RECORDS PROVIDED: Begin

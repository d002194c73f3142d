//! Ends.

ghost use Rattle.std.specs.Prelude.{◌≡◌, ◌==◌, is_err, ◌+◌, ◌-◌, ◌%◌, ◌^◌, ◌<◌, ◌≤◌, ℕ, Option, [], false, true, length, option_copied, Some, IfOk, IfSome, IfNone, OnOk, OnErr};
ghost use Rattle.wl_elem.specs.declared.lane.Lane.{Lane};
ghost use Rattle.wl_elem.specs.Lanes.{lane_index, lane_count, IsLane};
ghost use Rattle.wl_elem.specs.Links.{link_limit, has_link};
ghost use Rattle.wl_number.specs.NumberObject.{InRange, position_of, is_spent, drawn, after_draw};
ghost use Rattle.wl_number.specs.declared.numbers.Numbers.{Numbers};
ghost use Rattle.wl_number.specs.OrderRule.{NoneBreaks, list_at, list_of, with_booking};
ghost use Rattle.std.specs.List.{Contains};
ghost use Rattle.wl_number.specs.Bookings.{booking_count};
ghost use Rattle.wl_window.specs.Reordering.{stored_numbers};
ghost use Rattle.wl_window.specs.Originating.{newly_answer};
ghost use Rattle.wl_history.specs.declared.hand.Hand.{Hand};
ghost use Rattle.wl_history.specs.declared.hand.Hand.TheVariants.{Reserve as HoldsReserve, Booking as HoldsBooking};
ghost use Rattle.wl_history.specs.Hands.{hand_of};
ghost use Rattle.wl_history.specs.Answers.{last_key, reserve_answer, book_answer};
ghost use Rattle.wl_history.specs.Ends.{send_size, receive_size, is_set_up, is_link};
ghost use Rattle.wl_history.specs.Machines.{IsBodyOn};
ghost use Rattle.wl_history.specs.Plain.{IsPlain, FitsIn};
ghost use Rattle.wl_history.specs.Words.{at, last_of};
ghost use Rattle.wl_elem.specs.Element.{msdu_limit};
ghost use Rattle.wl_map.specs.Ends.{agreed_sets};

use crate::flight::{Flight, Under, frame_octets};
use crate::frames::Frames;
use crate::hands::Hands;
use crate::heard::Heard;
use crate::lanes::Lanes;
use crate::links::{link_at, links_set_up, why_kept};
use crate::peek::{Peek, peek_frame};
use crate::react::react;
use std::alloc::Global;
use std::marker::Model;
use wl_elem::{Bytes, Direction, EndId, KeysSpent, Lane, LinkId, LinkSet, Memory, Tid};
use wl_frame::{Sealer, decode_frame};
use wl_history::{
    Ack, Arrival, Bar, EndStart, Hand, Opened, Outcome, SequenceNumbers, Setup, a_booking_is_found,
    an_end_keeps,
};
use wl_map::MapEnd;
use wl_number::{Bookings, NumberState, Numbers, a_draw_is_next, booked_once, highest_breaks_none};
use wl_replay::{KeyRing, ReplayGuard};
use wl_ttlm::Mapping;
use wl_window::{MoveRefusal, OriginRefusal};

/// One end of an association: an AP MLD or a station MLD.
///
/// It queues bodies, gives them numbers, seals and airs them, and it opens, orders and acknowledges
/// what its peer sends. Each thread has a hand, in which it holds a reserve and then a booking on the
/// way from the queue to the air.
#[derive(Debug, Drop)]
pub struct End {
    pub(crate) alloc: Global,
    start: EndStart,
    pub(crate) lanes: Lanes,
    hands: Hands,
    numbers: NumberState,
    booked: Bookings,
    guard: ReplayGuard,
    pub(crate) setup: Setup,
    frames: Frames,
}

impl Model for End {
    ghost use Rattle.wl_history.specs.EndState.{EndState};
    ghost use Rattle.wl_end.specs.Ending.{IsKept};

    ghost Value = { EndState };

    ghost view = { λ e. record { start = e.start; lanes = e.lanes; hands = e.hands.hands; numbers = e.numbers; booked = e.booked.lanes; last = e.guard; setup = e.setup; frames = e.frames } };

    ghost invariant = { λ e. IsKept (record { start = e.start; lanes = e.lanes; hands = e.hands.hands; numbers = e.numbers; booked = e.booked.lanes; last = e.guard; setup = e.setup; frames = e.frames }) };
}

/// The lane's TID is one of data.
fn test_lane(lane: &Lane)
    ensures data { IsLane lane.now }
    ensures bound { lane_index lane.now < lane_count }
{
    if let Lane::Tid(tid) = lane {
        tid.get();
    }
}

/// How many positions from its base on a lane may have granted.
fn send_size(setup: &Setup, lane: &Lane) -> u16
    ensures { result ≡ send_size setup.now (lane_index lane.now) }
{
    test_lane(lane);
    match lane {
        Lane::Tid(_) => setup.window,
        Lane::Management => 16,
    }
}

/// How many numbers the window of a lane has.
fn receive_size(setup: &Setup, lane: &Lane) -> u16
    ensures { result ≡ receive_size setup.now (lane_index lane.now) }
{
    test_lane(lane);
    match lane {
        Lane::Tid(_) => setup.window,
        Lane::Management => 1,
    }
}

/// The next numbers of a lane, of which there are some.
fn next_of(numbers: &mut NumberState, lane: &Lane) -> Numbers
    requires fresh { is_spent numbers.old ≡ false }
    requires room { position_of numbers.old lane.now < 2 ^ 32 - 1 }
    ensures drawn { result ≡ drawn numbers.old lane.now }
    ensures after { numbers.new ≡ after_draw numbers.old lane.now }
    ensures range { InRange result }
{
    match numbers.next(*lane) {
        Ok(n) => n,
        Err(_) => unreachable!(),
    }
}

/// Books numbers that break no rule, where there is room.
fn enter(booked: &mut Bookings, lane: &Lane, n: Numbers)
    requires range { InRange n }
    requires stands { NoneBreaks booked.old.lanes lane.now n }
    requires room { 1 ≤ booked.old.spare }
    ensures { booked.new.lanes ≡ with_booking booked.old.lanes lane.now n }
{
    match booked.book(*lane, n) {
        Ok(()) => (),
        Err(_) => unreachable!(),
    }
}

RECORDS PROVIDED: End

Every line above from the line with "impl Model for" to the line with "may have granted." is wanted, ends included; write them out exactly and add no other line.

→ TASK OUTPUT
impl Model for End {
    ghost use Rattle.wl_history.specs.EndState.{EndState};
    ghost use Rattle.wl_end.specs.Ending.{IsKept};

    ghost Value = { EndState };

    ghost view = { λ e. record { start = e.start; lanes = e.lanes; hands = e.hands.hands; numbers = e.numbers; booked = e.booked.lanes; last = e.guard; setup = e.setup; frames = e.frames } };

    ghost invariant = { λ e. IsKept (record { start = e.start; lanes = e.lanes; hands = e.hands.hands; numbers = e.numbers; booked = e.booked.lanes; last = e.guard; setup = e.setup; frames = e.frames }) };
}

/// The lane's TID is one of data.
fn test_lane(lane: &Lane)
    ensures data { IsLane lane.now }
    ensures bound { lane_index lane.now < lane_count }
{
    if let Lane::Tid(tid) = lane {
        tid.get();
    }
}

/// How many positions from its base on a lane may have granted.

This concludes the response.